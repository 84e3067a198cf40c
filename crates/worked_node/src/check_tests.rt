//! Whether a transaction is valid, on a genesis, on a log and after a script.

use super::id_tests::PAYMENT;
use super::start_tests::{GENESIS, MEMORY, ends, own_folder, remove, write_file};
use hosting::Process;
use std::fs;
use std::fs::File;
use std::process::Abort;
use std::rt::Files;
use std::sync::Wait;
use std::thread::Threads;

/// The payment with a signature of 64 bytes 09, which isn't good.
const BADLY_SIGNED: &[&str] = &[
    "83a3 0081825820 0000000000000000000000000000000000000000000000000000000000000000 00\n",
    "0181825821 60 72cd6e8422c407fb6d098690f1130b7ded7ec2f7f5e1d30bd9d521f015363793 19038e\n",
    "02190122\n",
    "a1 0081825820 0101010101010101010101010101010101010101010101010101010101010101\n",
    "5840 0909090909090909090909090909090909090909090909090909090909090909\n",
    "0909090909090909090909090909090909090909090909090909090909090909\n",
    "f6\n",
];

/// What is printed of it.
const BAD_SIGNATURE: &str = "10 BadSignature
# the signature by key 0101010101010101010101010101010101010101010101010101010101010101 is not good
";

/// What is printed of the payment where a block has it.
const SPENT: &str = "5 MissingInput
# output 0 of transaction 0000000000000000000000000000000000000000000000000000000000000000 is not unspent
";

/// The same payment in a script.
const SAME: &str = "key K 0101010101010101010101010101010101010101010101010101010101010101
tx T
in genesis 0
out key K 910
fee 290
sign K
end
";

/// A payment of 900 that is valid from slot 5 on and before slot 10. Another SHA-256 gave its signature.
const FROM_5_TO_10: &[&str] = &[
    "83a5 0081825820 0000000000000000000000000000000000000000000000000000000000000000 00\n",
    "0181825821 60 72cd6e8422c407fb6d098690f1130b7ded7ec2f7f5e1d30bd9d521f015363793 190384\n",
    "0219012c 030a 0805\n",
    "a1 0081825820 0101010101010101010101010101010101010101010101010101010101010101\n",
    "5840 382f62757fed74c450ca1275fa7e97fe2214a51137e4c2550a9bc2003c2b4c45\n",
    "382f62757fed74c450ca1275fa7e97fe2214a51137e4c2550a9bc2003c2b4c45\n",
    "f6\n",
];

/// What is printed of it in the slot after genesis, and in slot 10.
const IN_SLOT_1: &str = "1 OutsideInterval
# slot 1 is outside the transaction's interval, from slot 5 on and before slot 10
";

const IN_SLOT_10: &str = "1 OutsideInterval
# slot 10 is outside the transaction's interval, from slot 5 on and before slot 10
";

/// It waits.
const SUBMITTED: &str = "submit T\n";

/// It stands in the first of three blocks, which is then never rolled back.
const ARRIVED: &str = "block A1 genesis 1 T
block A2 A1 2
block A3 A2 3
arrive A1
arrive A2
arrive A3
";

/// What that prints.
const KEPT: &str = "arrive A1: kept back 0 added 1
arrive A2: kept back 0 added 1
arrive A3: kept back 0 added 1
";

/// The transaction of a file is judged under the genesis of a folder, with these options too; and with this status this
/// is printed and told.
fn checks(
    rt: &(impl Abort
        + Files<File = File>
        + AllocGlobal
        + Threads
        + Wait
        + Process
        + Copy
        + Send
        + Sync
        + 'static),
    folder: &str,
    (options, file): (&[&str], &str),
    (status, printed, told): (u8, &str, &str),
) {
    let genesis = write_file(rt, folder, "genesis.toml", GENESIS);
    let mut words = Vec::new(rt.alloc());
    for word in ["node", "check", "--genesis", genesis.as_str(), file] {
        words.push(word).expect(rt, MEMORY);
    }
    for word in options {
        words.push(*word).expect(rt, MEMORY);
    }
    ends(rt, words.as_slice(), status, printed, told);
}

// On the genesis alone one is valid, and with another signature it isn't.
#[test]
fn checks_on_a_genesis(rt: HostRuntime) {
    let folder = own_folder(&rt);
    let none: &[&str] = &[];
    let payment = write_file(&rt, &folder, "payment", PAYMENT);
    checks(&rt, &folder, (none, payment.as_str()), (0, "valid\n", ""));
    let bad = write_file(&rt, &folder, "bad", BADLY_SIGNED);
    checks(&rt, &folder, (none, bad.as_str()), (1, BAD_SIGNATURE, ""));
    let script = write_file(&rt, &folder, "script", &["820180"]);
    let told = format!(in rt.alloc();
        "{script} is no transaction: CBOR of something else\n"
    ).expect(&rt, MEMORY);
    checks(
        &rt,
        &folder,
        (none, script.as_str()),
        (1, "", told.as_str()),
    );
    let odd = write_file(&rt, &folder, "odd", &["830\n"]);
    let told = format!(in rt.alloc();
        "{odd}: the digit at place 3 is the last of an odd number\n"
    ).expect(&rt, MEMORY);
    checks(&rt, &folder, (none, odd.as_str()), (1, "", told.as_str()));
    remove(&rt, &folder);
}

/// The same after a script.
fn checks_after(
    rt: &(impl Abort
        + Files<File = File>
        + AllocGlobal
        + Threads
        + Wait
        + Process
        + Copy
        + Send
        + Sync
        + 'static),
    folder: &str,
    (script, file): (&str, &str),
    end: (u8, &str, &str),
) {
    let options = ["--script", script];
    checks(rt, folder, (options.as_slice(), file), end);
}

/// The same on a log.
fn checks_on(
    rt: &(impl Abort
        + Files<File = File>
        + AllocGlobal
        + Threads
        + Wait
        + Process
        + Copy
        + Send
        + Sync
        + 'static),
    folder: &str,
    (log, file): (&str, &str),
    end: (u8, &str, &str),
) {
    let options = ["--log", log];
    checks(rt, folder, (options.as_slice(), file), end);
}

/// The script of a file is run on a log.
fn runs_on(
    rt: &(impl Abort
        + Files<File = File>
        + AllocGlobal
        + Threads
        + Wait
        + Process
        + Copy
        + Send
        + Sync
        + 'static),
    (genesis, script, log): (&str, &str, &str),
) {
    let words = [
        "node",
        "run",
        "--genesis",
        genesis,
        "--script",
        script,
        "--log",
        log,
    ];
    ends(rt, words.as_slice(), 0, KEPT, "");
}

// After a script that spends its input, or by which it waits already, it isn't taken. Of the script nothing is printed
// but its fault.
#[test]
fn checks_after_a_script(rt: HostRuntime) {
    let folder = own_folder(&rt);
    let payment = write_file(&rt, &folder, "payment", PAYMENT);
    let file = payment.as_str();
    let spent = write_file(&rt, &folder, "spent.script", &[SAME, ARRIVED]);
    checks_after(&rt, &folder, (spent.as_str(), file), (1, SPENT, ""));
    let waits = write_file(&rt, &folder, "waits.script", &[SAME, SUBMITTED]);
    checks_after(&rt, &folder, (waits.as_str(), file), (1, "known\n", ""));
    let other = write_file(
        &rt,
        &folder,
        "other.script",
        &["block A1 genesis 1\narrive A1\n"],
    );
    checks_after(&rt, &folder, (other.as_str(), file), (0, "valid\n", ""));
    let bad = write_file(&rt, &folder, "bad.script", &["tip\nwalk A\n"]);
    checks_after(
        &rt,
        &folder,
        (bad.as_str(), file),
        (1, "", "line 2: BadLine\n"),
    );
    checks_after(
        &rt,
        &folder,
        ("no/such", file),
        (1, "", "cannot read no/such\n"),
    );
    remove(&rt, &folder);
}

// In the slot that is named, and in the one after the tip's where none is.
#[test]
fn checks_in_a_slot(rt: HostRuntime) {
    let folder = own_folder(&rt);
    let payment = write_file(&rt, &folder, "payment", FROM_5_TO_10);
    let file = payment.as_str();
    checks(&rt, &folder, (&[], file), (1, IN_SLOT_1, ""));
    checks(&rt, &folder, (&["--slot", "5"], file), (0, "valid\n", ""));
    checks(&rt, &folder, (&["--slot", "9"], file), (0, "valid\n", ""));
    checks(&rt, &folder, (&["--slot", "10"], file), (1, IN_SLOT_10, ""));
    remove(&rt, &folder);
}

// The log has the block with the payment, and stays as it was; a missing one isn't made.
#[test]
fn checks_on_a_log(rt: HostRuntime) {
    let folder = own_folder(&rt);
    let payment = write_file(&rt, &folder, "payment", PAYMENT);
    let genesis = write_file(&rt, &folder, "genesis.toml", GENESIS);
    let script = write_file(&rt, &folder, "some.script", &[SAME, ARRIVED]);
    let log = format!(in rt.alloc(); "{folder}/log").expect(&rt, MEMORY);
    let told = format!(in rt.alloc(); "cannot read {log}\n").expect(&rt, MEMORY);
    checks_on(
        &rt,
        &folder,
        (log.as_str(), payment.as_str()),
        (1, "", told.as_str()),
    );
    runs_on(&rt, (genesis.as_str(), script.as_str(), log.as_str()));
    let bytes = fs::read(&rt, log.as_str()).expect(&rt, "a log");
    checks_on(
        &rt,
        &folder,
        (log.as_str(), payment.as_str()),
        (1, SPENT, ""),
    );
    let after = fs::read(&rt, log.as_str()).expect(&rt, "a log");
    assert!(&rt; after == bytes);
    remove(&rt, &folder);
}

==

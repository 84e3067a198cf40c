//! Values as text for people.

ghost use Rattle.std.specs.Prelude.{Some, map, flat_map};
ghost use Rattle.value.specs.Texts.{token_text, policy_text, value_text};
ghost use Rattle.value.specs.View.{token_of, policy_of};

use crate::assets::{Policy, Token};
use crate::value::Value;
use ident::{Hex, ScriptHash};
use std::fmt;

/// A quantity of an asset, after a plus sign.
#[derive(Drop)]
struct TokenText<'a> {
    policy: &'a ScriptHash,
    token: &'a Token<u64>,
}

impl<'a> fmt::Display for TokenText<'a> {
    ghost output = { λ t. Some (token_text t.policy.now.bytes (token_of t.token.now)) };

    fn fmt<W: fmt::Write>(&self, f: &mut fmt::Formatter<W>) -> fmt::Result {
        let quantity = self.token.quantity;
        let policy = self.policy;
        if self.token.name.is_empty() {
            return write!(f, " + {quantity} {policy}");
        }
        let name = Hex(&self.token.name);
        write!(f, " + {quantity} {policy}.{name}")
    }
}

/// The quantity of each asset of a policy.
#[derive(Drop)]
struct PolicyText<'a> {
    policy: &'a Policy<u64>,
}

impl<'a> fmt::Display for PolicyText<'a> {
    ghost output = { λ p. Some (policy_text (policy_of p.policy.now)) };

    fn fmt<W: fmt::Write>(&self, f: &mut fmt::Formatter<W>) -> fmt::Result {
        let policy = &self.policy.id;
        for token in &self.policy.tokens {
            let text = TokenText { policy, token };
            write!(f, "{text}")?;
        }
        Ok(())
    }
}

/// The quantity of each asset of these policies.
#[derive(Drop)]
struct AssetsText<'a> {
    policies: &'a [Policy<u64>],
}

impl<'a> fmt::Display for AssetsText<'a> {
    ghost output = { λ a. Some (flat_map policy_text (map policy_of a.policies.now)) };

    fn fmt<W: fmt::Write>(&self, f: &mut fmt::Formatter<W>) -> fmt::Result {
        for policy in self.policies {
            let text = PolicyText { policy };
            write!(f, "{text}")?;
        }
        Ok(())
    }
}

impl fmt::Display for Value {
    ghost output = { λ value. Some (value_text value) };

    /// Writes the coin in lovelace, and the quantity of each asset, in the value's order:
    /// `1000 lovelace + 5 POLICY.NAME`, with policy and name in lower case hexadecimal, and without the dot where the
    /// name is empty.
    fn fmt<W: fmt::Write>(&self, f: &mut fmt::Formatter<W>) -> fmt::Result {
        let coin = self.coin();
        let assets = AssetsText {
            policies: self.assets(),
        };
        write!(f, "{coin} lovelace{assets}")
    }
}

---

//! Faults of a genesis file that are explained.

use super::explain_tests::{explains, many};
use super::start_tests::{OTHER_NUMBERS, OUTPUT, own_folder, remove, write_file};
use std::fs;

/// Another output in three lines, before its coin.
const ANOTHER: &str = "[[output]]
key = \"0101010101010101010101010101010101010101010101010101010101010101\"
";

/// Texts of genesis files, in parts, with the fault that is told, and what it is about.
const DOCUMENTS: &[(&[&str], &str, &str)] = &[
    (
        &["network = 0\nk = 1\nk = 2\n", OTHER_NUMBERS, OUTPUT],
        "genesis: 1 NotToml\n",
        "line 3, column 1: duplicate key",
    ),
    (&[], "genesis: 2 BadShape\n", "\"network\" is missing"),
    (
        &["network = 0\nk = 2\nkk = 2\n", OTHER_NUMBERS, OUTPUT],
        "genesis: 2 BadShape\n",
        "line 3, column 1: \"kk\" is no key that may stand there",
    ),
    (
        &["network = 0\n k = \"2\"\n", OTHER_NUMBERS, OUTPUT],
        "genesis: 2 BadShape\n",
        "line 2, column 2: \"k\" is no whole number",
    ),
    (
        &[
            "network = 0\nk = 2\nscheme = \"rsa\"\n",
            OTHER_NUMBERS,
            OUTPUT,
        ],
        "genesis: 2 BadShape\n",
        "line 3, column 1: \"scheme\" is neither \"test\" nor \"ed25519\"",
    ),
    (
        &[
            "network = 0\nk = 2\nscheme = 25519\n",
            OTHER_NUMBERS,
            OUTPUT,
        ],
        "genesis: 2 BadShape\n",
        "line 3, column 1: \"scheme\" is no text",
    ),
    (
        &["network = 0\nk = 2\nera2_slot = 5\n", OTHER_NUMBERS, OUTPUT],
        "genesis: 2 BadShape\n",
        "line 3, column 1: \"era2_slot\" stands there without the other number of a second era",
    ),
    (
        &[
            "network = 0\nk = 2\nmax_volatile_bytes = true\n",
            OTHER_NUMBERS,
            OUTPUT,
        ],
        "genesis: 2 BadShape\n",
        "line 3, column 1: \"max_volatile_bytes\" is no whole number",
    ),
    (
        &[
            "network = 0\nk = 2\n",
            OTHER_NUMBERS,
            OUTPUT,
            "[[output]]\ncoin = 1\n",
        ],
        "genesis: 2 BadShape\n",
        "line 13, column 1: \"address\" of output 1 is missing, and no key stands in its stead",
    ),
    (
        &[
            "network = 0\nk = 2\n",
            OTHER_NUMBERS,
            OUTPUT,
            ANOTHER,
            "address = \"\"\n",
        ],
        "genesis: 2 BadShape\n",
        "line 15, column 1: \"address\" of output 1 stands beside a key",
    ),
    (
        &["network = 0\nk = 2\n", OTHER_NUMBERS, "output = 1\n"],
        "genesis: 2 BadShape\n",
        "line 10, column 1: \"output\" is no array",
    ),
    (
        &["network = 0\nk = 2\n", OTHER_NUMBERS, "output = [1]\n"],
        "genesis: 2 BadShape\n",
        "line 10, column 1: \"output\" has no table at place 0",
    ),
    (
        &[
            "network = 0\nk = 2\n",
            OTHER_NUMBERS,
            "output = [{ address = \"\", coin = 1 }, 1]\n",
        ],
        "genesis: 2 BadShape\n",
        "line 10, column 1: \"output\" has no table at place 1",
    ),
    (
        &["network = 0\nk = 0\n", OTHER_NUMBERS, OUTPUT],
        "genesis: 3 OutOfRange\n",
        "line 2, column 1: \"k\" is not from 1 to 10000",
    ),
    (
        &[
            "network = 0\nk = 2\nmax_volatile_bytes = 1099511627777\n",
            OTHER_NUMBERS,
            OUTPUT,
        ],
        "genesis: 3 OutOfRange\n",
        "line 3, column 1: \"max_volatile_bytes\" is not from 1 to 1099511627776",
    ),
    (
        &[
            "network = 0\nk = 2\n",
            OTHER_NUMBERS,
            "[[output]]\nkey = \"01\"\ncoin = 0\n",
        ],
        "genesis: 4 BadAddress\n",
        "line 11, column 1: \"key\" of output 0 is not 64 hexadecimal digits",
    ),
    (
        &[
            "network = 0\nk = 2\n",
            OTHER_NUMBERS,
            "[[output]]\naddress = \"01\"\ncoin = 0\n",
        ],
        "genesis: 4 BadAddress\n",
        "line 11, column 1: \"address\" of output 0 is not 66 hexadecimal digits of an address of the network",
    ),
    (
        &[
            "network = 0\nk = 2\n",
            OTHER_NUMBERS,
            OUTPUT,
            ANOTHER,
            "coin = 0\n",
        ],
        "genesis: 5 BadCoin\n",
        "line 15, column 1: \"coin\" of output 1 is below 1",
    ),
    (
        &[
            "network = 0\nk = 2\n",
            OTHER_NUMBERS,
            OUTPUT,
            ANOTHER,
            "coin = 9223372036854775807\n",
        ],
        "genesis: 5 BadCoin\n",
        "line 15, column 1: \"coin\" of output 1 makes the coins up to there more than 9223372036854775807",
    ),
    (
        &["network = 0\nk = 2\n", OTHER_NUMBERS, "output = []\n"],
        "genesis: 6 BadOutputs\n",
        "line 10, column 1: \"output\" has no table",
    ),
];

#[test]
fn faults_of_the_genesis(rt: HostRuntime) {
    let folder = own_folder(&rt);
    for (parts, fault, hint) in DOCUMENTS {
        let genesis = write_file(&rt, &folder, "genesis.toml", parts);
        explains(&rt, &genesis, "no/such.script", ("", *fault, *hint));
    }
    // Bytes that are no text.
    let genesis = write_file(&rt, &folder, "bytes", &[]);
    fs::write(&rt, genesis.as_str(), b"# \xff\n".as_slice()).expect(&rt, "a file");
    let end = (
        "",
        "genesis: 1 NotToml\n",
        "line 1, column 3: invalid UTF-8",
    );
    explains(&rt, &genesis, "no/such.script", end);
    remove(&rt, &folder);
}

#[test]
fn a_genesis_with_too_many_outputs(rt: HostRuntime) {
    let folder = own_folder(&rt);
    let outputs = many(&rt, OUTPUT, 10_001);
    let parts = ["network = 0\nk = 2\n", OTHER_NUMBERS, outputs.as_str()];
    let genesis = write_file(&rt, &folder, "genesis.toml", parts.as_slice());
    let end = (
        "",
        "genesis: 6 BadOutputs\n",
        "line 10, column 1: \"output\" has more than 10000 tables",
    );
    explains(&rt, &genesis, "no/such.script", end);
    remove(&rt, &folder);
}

Work task:
List every line above that contains the word "cannot".

Output:
        (1, "", "cannot read no/such\n"),
    let told = format!(in rt.alloc(); "cannot read {log}\n").expect(&rt, MEMORY);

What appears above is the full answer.